= TASK BRIEF =
Pull every line with "savepoints" from the entries below.

---+---

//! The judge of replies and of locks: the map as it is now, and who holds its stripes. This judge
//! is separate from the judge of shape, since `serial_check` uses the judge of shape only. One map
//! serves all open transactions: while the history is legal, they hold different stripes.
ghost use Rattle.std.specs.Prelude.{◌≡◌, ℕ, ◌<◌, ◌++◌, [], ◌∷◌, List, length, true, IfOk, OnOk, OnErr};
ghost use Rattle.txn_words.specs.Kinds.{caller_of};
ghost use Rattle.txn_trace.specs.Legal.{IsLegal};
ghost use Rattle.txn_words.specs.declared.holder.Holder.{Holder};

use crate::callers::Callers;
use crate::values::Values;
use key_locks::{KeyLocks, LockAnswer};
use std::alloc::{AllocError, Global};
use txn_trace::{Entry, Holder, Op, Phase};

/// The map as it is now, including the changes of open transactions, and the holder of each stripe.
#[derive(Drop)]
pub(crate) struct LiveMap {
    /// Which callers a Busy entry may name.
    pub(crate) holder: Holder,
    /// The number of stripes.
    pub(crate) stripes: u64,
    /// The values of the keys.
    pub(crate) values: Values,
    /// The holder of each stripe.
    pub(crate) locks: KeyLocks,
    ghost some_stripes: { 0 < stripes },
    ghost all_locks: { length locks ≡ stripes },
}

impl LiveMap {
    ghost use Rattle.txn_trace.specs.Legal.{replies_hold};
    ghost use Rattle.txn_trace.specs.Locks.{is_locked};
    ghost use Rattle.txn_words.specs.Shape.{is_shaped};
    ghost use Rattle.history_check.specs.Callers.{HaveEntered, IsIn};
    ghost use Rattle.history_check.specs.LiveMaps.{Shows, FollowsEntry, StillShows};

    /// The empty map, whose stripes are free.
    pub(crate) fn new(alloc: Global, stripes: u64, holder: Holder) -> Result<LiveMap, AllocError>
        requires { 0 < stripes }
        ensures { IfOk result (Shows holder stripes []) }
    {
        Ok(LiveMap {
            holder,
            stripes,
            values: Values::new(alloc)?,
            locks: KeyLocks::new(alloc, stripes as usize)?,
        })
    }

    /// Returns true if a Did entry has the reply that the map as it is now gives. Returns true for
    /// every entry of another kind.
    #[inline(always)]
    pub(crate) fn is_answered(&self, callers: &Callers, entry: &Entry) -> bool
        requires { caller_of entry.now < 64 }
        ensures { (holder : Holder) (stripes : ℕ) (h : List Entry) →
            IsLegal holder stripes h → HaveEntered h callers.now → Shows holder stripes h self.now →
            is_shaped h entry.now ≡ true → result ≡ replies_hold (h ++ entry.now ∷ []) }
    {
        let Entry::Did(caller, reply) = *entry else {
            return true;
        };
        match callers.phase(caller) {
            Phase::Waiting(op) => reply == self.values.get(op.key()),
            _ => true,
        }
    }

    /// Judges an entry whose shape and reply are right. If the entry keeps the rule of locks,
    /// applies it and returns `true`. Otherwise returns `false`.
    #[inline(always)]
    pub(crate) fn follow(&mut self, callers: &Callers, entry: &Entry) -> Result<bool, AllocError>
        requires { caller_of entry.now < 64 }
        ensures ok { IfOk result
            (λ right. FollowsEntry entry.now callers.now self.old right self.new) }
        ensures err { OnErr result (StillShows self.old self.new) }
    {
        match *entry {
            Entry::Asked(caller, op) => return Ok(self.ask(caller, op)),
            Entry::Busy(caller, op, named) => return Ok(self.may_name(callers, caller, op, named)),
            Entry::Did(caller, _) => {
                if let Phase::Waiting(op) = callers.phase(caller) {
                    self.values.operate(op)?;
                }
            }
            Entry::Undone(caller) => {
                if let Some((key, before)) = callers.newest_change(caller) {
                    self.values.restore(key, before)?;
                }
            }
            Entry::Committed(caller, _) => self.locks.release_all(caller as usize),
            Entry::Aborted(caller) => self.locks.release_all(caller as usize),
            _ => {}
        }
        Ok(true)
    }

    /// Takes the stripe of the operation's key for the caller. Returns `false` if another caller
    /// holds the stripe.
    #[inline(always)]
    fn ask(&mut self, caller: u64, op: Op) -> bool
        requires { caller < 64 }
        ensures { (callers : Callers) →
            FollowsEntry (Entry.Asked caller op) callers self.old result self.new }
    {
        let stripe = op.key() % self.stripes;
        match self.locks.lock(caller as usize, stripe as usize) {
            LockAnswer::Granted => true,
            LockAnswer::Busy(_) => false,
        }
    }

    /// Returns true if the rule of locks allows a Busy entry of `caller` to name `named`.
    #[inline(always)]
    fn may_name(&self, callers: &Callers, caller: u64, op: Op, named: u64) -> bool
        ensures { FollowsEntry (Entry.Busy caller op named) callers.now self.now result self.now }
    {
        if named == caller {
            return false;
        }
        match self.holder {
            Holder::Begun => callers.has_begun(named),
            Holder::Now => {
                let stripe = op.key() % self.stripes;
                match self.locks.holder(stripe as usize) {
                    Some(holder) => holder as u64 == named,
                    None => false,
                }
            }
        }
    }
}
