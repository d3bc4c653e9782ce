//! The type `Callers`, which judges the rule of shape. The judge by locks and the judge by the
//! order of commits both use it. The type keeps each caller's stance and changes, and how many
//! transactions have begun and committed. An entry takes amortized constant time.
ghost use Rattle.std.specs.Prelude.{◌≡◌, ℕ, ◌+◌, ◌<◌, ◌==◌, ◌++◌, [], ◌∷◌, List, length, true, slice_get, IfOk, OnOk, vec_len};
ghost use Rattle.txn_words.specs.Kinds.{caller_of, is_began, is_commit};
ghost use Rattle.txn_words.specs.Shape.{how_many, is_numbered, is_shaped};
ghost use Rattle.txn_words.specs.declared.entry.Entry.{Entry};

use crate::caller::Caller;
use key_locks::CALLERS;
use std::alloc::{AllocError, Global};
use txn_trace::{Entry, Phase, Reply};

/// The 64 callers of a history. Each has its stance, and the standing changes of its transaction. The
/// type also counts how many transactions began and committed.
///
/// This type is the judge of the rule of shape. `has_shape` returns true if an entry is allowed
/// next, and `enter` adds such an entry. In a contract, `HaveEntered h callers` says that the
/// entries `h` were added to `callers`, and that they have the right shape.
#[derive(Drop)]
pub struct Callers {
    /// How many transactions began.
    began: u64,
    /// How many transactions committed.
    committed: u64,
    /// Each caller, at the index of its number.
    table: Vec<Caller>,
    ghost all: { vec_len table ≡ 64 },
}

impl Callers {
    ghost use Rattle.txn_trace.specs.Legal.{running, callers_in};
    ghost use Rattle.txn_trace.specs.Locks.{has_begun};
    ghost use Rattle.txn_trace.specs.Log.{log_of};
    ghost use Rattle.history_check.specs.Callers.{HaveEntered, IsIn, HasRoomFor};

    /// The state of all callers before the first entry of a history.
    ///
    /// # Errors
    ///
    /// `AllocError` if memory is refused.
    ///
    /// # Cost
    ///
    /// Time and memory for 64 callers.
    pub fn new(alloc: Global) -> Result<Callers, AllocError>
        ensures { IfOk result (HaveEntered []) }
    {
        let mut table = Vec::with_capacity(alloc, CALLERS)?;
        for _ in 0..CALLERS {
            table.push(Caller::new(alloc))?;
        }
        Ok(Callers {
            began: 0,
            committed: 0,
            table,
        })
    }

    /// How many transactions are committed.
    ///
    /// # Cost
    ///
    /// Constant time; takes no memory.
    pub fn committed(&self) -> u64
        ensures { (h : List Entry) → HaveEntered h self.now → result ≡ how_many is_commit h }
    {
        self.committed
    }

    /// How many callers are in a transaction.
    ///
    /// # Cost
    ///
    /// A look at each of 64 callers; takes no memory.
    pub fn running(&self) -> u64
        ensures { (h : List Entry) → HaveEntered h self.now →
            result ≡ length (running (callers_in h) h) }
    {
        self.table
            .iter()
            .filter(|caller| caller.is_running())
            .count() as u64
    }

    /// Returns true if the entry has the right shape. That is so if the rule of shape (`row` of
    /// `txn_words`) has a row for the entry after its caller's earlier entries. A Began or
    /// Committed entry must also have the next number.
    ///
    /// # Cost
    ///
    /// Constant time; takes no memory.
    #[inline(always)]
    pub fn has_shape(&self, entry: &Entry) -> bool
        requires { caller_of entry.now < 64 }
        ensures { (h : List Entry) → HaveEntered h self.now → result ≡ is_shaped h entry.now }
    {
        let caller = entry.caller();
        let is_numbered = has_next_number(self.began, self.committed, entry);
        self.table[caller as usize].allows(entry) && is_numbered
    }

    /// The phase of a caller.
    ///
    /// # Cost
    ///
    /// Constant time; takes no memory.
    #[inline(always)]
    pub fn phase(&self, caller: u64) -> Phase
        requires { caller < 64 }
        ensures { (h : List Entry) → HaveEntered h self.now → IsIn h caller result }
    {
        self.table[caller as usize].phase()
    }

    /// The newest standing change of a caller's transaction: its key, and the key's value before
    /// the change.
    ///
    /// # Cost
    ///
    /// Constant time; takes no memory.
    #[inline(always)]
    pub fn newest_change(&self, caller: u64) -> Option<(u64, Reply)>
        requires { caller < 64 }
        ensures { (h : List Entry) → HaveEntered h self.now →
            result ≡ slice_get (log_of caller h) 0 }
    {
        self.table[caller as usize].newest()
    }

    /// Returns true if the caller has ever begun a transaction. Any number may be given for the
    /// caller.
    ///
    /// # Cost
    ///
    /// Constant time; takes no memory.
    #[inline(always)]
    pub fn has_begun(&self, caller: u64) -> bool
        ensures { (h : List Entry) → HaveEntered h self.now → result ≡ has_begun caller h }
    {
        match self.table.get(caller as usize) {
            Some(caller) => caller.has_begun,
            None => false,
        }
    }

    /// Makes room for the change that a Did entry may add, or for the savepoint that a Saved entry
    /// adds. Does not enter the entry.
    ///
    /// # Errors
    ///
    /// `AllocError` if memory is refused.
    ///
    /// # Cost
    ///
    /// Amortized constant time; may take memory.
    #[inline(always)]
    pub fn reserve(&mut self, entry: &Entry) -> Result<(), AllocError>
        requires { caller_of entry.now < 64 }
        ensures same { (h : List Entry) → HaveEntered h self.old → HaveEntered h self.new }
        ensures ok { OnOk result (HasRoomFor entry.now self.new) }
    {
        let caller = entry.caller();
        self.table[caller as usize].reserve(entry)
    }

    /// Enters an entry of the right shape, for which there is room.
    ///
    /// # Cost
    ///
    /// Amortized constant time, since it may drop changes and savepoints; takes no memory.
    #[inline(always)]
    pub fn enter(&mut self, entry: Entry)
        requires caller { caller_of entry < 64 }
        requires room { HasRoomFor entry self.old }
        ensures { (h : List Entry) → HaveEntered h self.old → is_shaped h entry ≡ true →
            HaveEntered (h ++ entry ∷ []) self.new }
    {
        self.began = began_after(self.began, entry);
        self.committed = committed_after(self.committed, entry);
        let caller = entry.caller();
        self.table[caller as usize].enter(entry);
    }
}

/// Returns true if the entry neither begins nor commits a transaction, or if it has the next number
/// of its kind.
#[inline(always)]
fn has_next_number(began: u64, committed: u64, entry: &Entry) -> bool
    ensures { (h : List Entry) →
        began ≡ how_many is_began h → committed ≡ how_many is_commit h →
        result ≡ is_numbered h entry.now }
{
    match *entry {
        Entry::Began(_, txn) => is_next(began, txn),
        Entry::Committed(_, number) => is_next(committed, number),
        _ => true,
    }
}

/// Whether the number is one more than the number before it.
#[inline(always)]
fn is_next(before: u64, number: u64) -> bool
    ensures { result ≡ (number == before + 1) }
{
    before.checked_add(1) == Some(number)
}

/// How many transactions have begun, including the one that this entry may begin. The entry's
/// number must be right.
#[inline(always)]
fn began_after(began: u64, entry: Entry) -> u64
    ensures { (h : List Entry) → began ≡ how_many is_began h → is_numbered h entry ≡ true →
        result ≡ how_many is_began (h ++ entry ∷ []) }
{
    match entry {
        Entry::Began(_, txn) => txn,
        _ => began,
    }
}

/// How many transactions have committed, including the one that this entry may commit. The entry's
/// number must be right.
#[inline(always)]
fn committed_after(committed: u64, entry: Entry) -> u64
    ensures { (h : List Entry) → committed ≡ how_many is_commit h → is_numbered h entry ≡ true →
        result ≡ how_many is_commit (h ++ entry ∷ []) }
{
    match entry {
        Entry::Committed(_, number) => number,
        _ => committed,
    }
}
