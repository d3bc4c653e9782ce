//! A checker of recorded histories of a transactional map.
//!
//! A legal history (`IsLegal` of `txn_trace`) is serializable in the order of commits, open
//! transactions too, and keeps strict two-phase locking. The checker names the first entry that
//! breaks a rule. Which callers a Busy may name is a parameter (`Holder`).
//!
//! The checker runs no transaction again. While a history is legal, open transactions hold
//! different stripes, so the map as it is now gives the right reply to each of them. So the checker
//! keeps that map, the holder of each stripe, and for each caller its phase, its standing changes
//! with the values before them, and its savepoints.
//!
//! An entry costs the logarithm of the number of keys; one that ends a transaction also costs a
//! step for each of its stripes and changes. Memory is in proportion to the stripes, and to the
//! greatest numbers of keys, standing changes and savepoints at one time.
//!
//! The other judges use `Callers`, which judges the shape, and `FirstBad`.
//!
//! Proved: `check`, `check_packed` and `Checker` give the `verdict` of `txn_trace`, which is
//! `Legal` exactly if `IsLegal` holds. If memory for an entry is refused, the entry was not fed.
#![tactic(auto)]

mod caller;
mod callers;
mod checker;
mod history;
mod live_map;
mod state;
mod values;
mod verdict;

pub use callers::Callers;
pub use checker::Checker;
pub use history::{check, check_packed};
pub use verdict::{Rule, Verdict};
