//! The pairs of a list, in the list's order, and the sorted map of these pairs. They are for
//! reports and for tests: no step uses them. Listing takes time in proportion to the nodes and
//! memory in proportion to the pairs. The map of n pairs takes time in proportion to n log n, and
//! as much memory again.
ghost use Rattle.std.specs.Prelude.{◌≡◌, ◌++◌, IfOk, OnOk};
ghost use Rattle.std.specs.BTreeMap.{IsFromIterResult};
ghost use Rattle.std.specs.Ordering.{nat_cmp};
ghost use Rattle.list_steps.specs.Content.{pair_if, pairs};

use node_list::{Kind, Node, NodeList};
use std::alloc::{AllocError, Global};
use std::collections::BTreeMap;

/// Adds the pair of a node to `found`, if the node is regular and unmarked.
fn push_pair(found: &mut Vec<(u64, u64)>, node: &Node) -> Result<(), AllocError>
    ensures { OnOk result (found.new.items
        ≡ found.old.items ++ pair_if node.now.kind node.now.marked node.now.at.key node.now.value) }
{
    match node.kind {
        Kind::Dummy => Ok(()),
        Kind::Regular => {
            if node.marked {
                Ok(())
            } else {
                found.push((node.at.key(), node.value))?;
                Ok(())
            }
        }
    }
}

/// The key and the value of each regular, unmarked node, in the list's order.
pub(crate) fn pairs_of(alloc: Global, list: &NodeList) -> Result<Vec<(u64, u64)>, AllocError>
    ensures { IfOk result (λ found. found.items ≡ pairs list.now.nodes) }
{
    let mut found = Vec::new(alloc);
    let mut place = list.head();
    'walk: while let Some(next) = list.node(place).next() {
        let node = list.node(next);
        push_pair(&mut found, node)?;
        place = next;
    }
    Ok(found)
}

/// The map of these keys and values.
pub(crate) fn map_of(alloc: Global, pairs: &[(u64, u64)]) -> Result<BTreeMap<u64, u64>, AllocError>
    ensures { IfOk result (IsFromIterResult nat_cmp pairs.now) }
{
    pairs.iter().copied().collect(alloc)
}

---+---

= SOLUTION FOR THIS EXERCISE =
    /// Amortized constant time, since it may drop changes and savepoints; takes no memory.
//! with the values before them, and its savepoints.
//! greatest numbers of keys, standing changes and savepoints at one time.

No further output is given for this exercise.